Title : Givinostat efficacy in patients with muscular dystrophy: A systematic review
Abstract:
Muscular Dystrophy (MD) is a group of hereditary disorders characterized by progressive generalized muscle weakness and degeneration. Recent studies evaluated the role of Givinostat in treating MD. So, we aimed in our systematic review to assess the efficacy of Givinostat in MD. PubMed, ScienceDirect, and Cochrane databases were searched using a pre-defined search strategy from inception until April-2024 following the standard method of Cochrane Handbook and the PRISMA-statement guidelines. All clinical trials studying Givinostat in patients with MD were included. Three clinical trials with a total of 250 participants included, two of these studies tested Givinostat efficacy in DMD and the other in BMD. One of these primarily studied givinostat histological effect in DMD and revealed that it increased the fraction of muscle tissue by 29.1%, and cross-sectional area by 77%. And reduced the amount of necrosis by 43.5% and fatty replacement by 37.5%. The second study tested its effect in BMD and reported that mean total fibrosis didn’t change in treatment or placebo group, and the two groups didn’t differ at Month-12 (least squares mean [LSM] difference 1.04%; p = 0.8282). MRI fat fraction didn’t change as well. The third study tested the effect of Givinostat in DMD and showed the geometric LSM ratio at 12-months of treatment was 1·27 (95% CI 1·17–1·37) in givinostat group and 1·48 (1·32–1·66) in placebo group (p=0·035). Our systematic review revealed that givinostat has favourable outcome in functional tests and histological findings in DMD patients, but not in patients with BMD.
Audience Take Away Notes:
- Recently many medications have been tested for its efficacy in Muscular dystrophy, our abstract is summarizing the currently evidence which may aid child neurologists in updating them regards the latest evidence of its use.

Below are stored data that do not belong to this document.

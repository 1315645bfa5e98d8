// A value that c(K) is likely to be above, from a sample of the rows. Nothing rests on it: who starts from it sees whether more than e rows exceed it.
ghost use Rattle.std.specs.Prelude.{◌≡◌, ◌<◌, ◌≤◌, T, length, take, drop};
ghost use Rattle.order.specs.Order.{finite, low};
ghost use Rattle.order.specs.Counting.{all};
ghost use Rattle.columns.specs.Columns.{size, columns_of};
ghost use Rattle.critical.specs.Internal.{members_from};

use super::kmax;
use masks::Table;

// One row in so many is looked at.
const SPARSE: usize = 16;

// The k-max of each of these rows over the columns of `set`, which are listed, into the first places of the work buffer: answers how many.
fn fill_sample(table: Table<'_>, work: &mut [f64], set: u32, list: &[usize]) -> usize
    requires { (table.rows ≤ length work.old) × (table.k ≤ size (columns_of table.columns set)) × (list.now ≡ members_from 0 (columns_of table.columns set)) }
    ensures { (result ≤ table.entry.rows) × T (all finite (take result work.new)) × (drop table.entry.rows work.new ≡ drop table.entry.rows work.old) }
{
    let mut n: usize = 0;
    for g in (0..table.rows).step_by(SPARSE) {
        work[n] = kmax::kmax(table.row(g), list, table.k);
        n += 1;
    }
    n
}

// Of the sample twice e's share lies above the answer, and four more; where it has no more than that, minus infinity.
pub fn likely_below(table: Table<'_>, work: &mut [f64], e: usize, set: u32) -> f64
    requires { (table.rows ≤ length work.old) × (e < table.rows) }
    ensures { T (low result) × (drop table.entry.rows work.new ≡ drop table.entry.rows work.old) }
{
    let none = f64::NEG_INFINITY;
    let size = masks::size_of(table.columns, set);
    if size < table.k {
        return none;
    }
    let list = kmax::members(table.columns, set);
    let n = fill_sample(table, work, set, &list[..size]);
    let above = 2 * e / SPARSE + 4;
    if n <= above {
        return none;
    }
    select::mth_smallest(&work[..n], n - above)
}
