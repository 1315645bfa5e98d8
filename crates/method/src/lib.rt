// The method at e: k-max, critical values, the put-back value, counts, who set a critical value. Definitions in specs/, laws in proofs/. No code.
#![tactic(auto)]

- It will help neurologists in tailoring their choice of medications for patients with Muscular dystrophy.
- Yes, this research that other faculty could use to expand their research or teaching.
- Yes, our abstract summarizes the current evidence on Givinostat in Muscular dystrophy which would save practitioners time looking for all clinical trials evidence on Givinostat.
- Yes, our abstract clearly shows the need of bigger and longer randomized clinical trial to support the current evidence.